Parfois, il y a un petit mot fléché, un petit compte est bon, une vidéo et l’atmosphère est tout de suite plus détendue. Mais ces moments sont – trop – rares. Les cerveaux saturent. Tous les cerveaux !
Je ne suis pas enseignante, ce n’est pas mon métier, ce n’est pas ma vocation. On fait au mieux ; heureusement, les profs sont malgré tout présent-es : messagerie, téléphone, mail.
Mais nos enfants sont bons élèves ils s’en sortiront au final. Nous sommes chanceux, finalement.

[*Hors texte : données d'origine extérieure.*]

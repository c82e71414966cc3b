//! The signers that certificates name.

use sig_base::Text;
use sig_cases::{Answer, Arguments};
use sig_cosign::{CertificateSignature, CertificateSubject};
use sig_part_cases::pool;
use sig_x509::Certificate;

/// `subject DER`: the subject that the certificate names.
pub(crate) fn subject(arguments: &mut Arguments<'_>, answer: &mut Answer) {
    let alloc = arguments.alloc();
    let der = arguments.hex();
    match Certificate::try_from_der(alloc, &der) {
        Ok(certificate) => {
            match CertificateSubject::from_certificate(alloc, &certificate) {
                Ok(subject) => {
                    answer.ok();
                    show_subject(answer, &subject);
                    drop(subject);
                }
                Err(error) => answer.error(error),
            }
            drop(certificate);
        }
        Err(_) => arguments.refuse(),
    }
}

/// `signer DER ANCHOR,.. INTERMEDIATE,.. TIME NOW ROWS`: the signer that the certificate names.
pub(crate) fn signer(arguments: &mut Arguments<'_>, answer: &mut Answer) {
    let alloc = arguments.alloc();
    let der = arguments.hex();
    let Some(pool) = pool(arguments, answer) else {
        return;
    };
    let time = arguments.integer();
    let now = arguments.integer();
    let checker = arguments.checker();
    match CertificateSignature::from_der_certificate(alloc, &der, &pool, time, now, &checker) {
        Ok(signer) => {
            answer.ok();
            show_signer(answer, &signer);
            drop(signer);
        }
        Err(error) => answer.error(error),
    }
    drop(checker);
    drop(pool);
}

/// The text of a subject after the name of its kind.
pub(crate) fn show_subject(answer: &mut Answer, subject: &CertificateSubject) {
    match subject {
        CertificateSubject::Email(text) => {
            answer.value(&"Email");
            answer.debug(text);
        }
        CertificateSubject::Uri(text) => {
            answer.value(&"Uri");
            answer.debug(text);
        }
    }
}

/// Scheme and key, subject, and each claim.
pub(crate) fn show_signer(answer: &mut Answer, signer: &CertificateSignature) {
    answer.value(&signer.verification_key.scheme().name());
    answer.hex(signer.verification_key.spki());
    show_subject(answer, &signer.subject);
    show_claim(answer, &signer.issuer);
    show_claim(answer, &signer.github_workflow_trigger);
    show_claim(answer, &signer.github_workflow_sha);
    show_claim(answer, &signer.github_workflow_name);
    show_claim(answer, &signer.github_workflow_repository);
    show_claim(answer, &signer.github_workflow_ref);
}

fn show_claim(answer: &mut Answer, claim: &Option<Text>) {
    match claim {
        Some(text) => answer.debug(text),
        None => answer.value(&"-"),
    }
}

Pourquoi l’école à la maison doit-elle remplir toutes les conditions de la vraie école, alors que nous n’avons pas nécessairement les connaissances, les formations pédagogiques requises, la capacité mentale de le faire ? Quelle pression a-t-on mis aux enseignant-es pour qu’ils et elles se retrouvent contraint-es à nous imposer une continuité pédagogique irréaliste et irréalisable pour la plupart des parents et des enfants ? À la fin de la journée de classe, je coche mentalement : c’est bon, une de plus, on l’a fait. Dans la douleur, mais on l’a fait. Mais n’aurions nous pas été mieux sans tout ça ? Et si on avait juste fait un gâteau ensemble, converti des mesures et écrit une recette à la place ?
Sans la continuité pédagogique, nos enfants deviendraient-ils bêtes à manger du foin ? Le deviennent-ils après deux mois de vacances d’été ? Il me semble pourtant que non. Des jeux de société, des lectures, histoires contées, des moments passés ensemble dans cette situation unique, historique et anxiogène ne feraient-ils pas aussi bien l’affaire ?
Après ces longues journées, beaucoup, beaucoup de questions restent sans réponse.
Alors, j’ai une pensée pour tous les autres parents.
Ceux ou celles qui sont seul-e-s.
Ceux ou celles qui travaillent.
Ceux ou celles qui ne comprennent pas la consigne.
Ceux ou celles dont les enfants ne comprennent jamais la consigne.
Ceux ou celles qui ne parlent pas bien le français.
Ceux ou celles qui n’ont pas internet.
Ceux ou celles qui sont malades.
Ceux ou celles qui subissaient déjà l’inégalité des chances dans le monde d’avant.